I'll send you a postcard, dear. - My Family Travels
A Blur of the New York Skyline - It Seems an Apt Description for How Quickly the Trip Seemed to Go By

July 4, 2014, and New York seemed to go hand in hand.

My family and I arrived in New York to be kissed by light rain and embraced by dim sunshine. Our disgruntled taxi cab driver could have cared less about the weather, but to have such a gentle greeting from New York skies seemed a harbinger for the rest of the trip. All too soon, the highway and the green fluttered by and the next time I took a good look at New York, it was in the midst of people.


But it felt like a home as I shuffled past bodies in an attempt to get a good look at Time Square. Yah?m? ?’?. Regardez ce. Ir Brasil! The voices chant diversity. Metal flashes everywhere I turn…cameras, phones, skyscrapers. The constant? Smiles. The people around me hand out smiles like business cards, everywhere from “selfies” to the people dressed as Lady Liberty. Even in the early afternoon, the city pulses with vibrancy. Light emanates from billboards and taxis paint the streets. All these anonymous people and I form a family, albeit dysfunctional, right in the middle of Time Square in our search to escape, to absorb, and to live. I resist the urge to grab someone, look into foreign eyes, and say, “Isn’t it amazing? We’re here together and even though I don’t know you, and you don’t me, and our cultures are probably so incredibly different, our lives have intersected in this one spot.”

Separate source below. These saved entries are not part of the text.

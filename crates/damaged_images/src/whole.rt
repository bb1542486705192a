// Images of other lengths and of other bytes, and the unbroken one.
use crate::busy::request;
use entry::kernel_step;
use image::call::ANSWER;
use image::fields::{AWAITED, ENTRY, PLACE, RECORD};
use image::form::reform;
use image::stored::{IMAGE, read};
use kernel::edition::{MANY_WAIT, ONE_WAITS};
use kernel::numbers::EVENT;
use std::io;
use tid::sizes::{AREA, SLOTS};

const SEED: u32 = 2026;

// How long an image of the old form is.
const OLD: usize = SLOTS * ENTRY;

// What a step says of an image: an event that nobody awaits is refused for nothing else.
fn step_verdict(edition: u32, image: &mut [u8]) -> u32 {
    let mut areas = [0; SLOTS * AREA];
    let mut answer = [0; ANSWER];
    let event = request([EVENT, 62, 0, 0, 0, 0]);
    kernel_step(edition, image, &mut areas, &event, &mut answer)
}

// What reading says of an image in an edition, and then what a step does.
fn write_asked(rt: &impl Print, words: &str, edition: u32, image: &mut [u8]) -> io::Result<()> {
    let verdict = read(edition, image).verdict;
    let stepped = step_verdict(edition, image);
    print!(rt; "{words}{verdict}, a step {stepped}")
}

// The same in both editions. What a step leaves in edition 1 is an image in edition 2 too, so one is enough for both.
pub(crate) fn write_whole(rt: &impl Print, name: &str, image: &mut [u8]) -> io::Result<()> {
    rt.print(name)?;
    write_asked(rt, ": reading ", ONE_WAITS, image)?;
    write_asked(rt, "; in edition 2 reading ", MANY_WAIT, image)?;
    println!(rt)
}

// The same in an edition that is none.
fn write_edition(rt: &impl Print, name: &str, edition: u32, image: &mut [u8]) -> io::Result<()> {
    rt.print(name)?;
    write_asked(rt, ": reading ", edition, image)?;
    println!(rt)
}

// The image with a byte more.
fn longer(image: [u8; IMAGE]) -> [u8; IMAGE + 1] {
    let mut long = [0; IMAGE + 1];
    long[..IMAGE].copy_from_slice(&image);
    long
}

// The image in the old form, whose records end before the entry number.
fn shorter(image: [u8; IMAGE]) -> [u8; OLD] {
    let mut old = [0; OLD];
    reform(&image, &mut old);
    old
}

// The next of 65,537 numbers, all of which are met but one.
fn drawn(x: u32) -> u32 {
    ((x % 65537) * 75 + 74) % 65537
}

fn random() -> [u8; IMAGE] {
    let mut bytes = [0; IMAGE];
    let mut x = SEED;
    for byte in &mut bytes {
        x = drawn(x);
        *byte = (x % 256) as u8;
    }
    bytes
}

// The image with tid 11, which stands behind tid 10 in the queue of tid 7, first and alone in the queue of another.
fn sent_to(mut image: [u8; IMAGE], target: u8) -> [u8; IMAGE] {
    image[10 * RECORD + PLACE] = 0;
    image[10 * RECORD + AWAITED] = target;
    image
}

// Other lengths.
pub(crate) fn write_lengths(rt: &impl Print, mut image: [u8; IMAGE]) -> io::Result<()> {
    let mut long = longer(image);
    let mut old = shorter(image);
    write_whole(rt, "no byte", &mut [])?;
    write_whole(rt, "767 bytes", &mut image[..IMAGE - 1])?;
    write_whole(rt, "769 bytes", &mut long)?;
    write_whole(rt, "the old form", &mut old)
}

// Other bytes.
pub(crate) fn write_wholes(rt: &impl Print, image: [u8; IMAGE]) -> io::Result<()> {
    for (name, mut other) in [
        ("all zero", [0; IMAGE]),
        ("random bytes", random()),
        ("the unbroken image", image),
        ("a sender at tid 12, which exists", sent_to(image, 12)),
        ("a sender at tid 5, which has exited", sent_to(image, 5)),
    ] {
        write_whole(rt, name, &mut other)?;
    }
    Ok(())
}

// Editions that are none, which are refused before a length and before a rule.
pub(crate) fn write_editions(rt: &impl Print, mut image: [u8; IMAGE]) -> io::Result<()> {
    for (name, edition) in [("edition 0", 0), ("edition 3", 3), ("edition 257", 257)] {
        write_edition(rt, name, edition, &mut image)?;
    }
    write_edition(rt, "edition 3, one byte", 3, &mut [0])?;
    write_edition(rt, "edition 3, all zero", 3, &mut [0; IMAGE])
}
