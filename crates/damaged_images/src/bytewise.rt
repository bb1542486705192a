// Each byte of the used records, and of the first unused one, damaged alone.
use crate::busy::Stored;
use crate::damage::{POSITIONS, wrong};
use image::fields::{CUT, ENTRY, RECORD};
use std::io;
use tid::slot_named;

// The records that are damaged: twelve tasks, and the first unused slot.
const DAMAGED: u8 = 13;

// Where a byte of the record of a tid stands.
fn place_of(tid: u8, at: u8) -> usize {
    slot_named(tid) * RECORD + usize::from(at)
}

// Which byte of a used record any other may stand for.
fn free(at: u8) -> &'static str {
    if usize::from(at) < ENTRY {
        "a low byte of a value"
    } else {
        "a byte of the entry number"
    }
}

impl Stored {
    // A byte of the record of a tid.
    fn byte_at(&self, tid: u8, at: u8) -> u8 {
        self.image.get(place_of(tid, at)).copied().unwrap_or(0)
    }

    // Whether the byte that a record cannot hold at a place is refused there.
    fn is_broken(&self, tid: u8, at: u8) -> bool {
        let byte = wrong(tid, self.byte_at(tid, 0), at, self.byte_at(tid, at));
        self.breaks(place_of(tid, at), byte)
    }

    // A place that is not refused, with how many of the 256 bytes are good there.
    fn write_good(&self, rt: &impl Print, tid: u8, at: u8) -> io::Result<()> {
        if self.is_broken(tid, at) {
            return Ok(());
        }
        let byte = free(at);
        let good = self.good_values(place_of(tid, at));
        print!(rt; "; at {at}, {byte}, {good} of 256 are good")
    }

    fn write_record(&self, rt: &impl Print, tid: u8) -> io::Result<()> {
        let state = self.byte_at(tid, 0);
        let broken = (0..POSITIONS).filter(|at| self.is_broken(tid, *at)).count();
        print!(rt; "tid {tid} state {state}: {broken} of {POSITIONS} refused")?;
        for at in 0..POSITIONS {
            self.write_good(rt, tid, at)?;
        }
        println!(rt)
    }

    pub(crate) fn write_records(&self, rt: &impl Print) -> io::Result<()> {
        for tid in 1..=DAMAGED {
            self.write_record(rt, tid)?;
        }
        Ok(())
    }

    // How many bytes are good where a record says whether its value was cut: of three ready tasks, of which the first holds a value, the
    // second a fault and the third nothing.
    pub(crate) fn write_cuts(&self, rt: &impl Print) -> io::Result<()> {
        for (tid, beside) in [(1, "a value"), (8, "a fault"), (12, "nothing")] {
            let good = self.good_values(slot_named(tid) * RECORD + CUT);
            println!(rt; "at 15, beside {beside}, {good} of 256 are good")?;
        }
        Ok(())
    }
}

Though we ended our night watching fireworks on TV in our hotel room, it still felt more intimate because I was actually in the state. As far as first impressions went, New York was everything I imagined. So for the next few days, we tried to cover as many “touristy” spots as possible, as if to confirm everything else with our own eyes. 

The Rockefeller Center briefly entertained us. Lively? Didn’t expect less.

We went to the 86th floor of the Empire State Building to find ourselves around a different crowd of people which exuded the same vibes as we experienced the day prior. Concrete jungle? Confirmed.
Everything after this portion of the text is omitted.